Watching other people work their dogs sometimes makes me feel like I'm doing something else entirely.  Like catalog work. Or loitering. 
As if somehow, despite all the direction and encouragement, training me is not unlike trying to train a goat, or a feisty end table to herd sheep using a dog.  I'm sort of in the middle and in the way and the sheep and the dog seem to know this and possibly resent it.  Who brought the goat? Why an end table?   
I have access to the part of my brain that understands what is being asked of me and why, but my body prefers to simply stand there and, if possible, chew, or, on a good day, sidle slightly one way or another, too slowly and often in the wrong direction.  

Patrick talked about communication being the key factor in herding.  That your dog knows everything it needs to know already about herding sheep, the rest is about you learning to communicate your expectations or direction to your dog. 

For me, communication has always been a struggle.  I communicate best through writing.  I jabber when I talk.  I wander aimlessly mid-topic. I miss cues.  My mind races ahead and my mouth crashes… My thoughts are disorganized and the way I organize is through the process of writing.  It forces me to be deliberate.  Interestingly I feel like last week when Dianne had me silently work with Scout in the arena using just body pressure I made the most progress yet. I think removing the pressure of verbal communication, which was always out of sync anyway, helped me to focus on the physical part and finally begin to get it. 

Lastly, today I drove out to deliver lunch to the other end of the Sheep Camp at Don and Jeanie's place left of the Sand Hollow Store. 

I used the restroom at the Sand Hollow Store and Cafe.  To the casual observer, the establishment appears normal, if not a little seedy.  The store is sparse and a tad run down.  The cafe quiet and smelling slightly of ham and old men.  Scratch the surface, my friend, and you find Temptation Toilet.

Yes, in the tiny little Women's Room, nailed to the wall, probably sometime in the 1960s, are twin FLAVORED CONDOM and ORIENTAL PLEASURE KIT dispensers.  Fifty cents will buy you a banana, cherry, or grape flavored condom or an entire supply of gratification tools from the Far East.  A dollar for a fist full of candified, asian scented, international lust gone wild. 

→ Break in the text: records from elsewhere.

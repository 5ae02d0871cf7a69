// The rows of a CSV text.
ghost use Rattle.std.specs.Prelude.{◌≡◌, [], map, Some, IfOk, OnOk};
ghost use Rattle.std.specs.Io.KnownBytes.{append_known};
ghost use Rattle.csv.specs.Writing.{default_writer, row_text};
ghost use Rattle.csv_sheet.specs.Sheets.{IsAtRowStart, bytes_written};

use csv::{Writer, WriterBuilder};
use office_base::NoMemory;
use std::alloc::Global;

/// A CSV text in memory (RFC 4180, but rows end in a line feed).
pub type Sheet = Writer<Vec<u8>>;

/// Starts an empty text. Takes no memory.
pub fn start(alloc: Global) -> Sheet
    ensures ready { IsAtRowStart result }
    ensures empty { bytes_written result ≡ Some [] }
{
    WriterBuilder::new().from_writer(Vec::new(alloc))
}

/// Writes a row. A field is put in quotation marks only if it needs them.
///
/// # Errors
///
/// Memory ran out. It is then unspecified how much of the row is written.
pub fn put_row(sheet: &mut Sheet, fields: &[&[u8]]) -> Result<(), NoMemory>
    requires { IsAtRowStart sheet.old }
    ensures ready { OnOk result (IsAtRowStart sheet.new) }
    ensures bytes { OnOk result (bytes_written sheet.new
        ≡ append_known (bytes_written sheet.old) (row_text default_writer (map (λ f. f.now) fields.now))) }
{
    match sheet.write_fields(fields) {
        Ok(()) => Ok(()),
        Err(_) => Err(NoMemory),
    }
}

/// Gives the text.
///
/// # Errors
///
/// Memory ran out.
pub fn finish(sheet: Sheet) -> Result<Vec<u8>, NoMemory>
    ensures { IfOk result (λ text. bytes_written sheet ≡ Some text.items) }
{
    match sheet.into_inner() {
        Ok(bytes) => Ok(bytes),
        Err(_) => Err(NoMemory),
    }
}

Leaving the restroom I looked around, trying to determine what sort of quickie mart/cafe activities might lead to a furtive trip to yon vending boxes.   I saw nothing.  Cranky girl at the register checking her split ends, old men drinking coffee at the counter reading the paper, a young couple with a child buying milk ….

I don't get it.  I like the possibilities, though.

Employees are reminded to wash their hands.